§ **Collected data**
━━━━━━━━━━

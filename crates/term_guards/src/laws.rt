//! The laws of guards. The function has nothing to do.

ghost use Rattle.mon_syntax.specs.BlockMemory.{over_blocks};
ghost use Rattle.mon_syntax.specs.FlatMemory.{over_flat};
ghost use Rattle.term_guards.specs.Laws.{GuardsAreTyped, GuardsTellDefinedness};

/// A guard's value is 1 exactly where the operator of annotations is defined on its operands, and 0 elsewhere, over
/// numbered blocks and over flat memory; it is an `i32`.
pub fn guards()
    ensures over_blocks { GuardsTellDefinedness over_blocks }
    ensures over_flat { GuardsTellDefinedness over_flat }
    ensures typed { GuardsAreTyped }
{}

━━━━━━━━━━

§ **PROBLEM**
Copy out every line of the entries where the string "specs" shows up.

§ **RESPONSE**
ghost use Rattle.mon_syntax.specs.BlockMemory.{over_blocks};
ghost use Rattle.mon_syntax.specs.FlatMemory.{over_flat};
ghost use Rattle.term_guards.specs.Laws.{GuardsAreTyped, GuardsTellDefinedness};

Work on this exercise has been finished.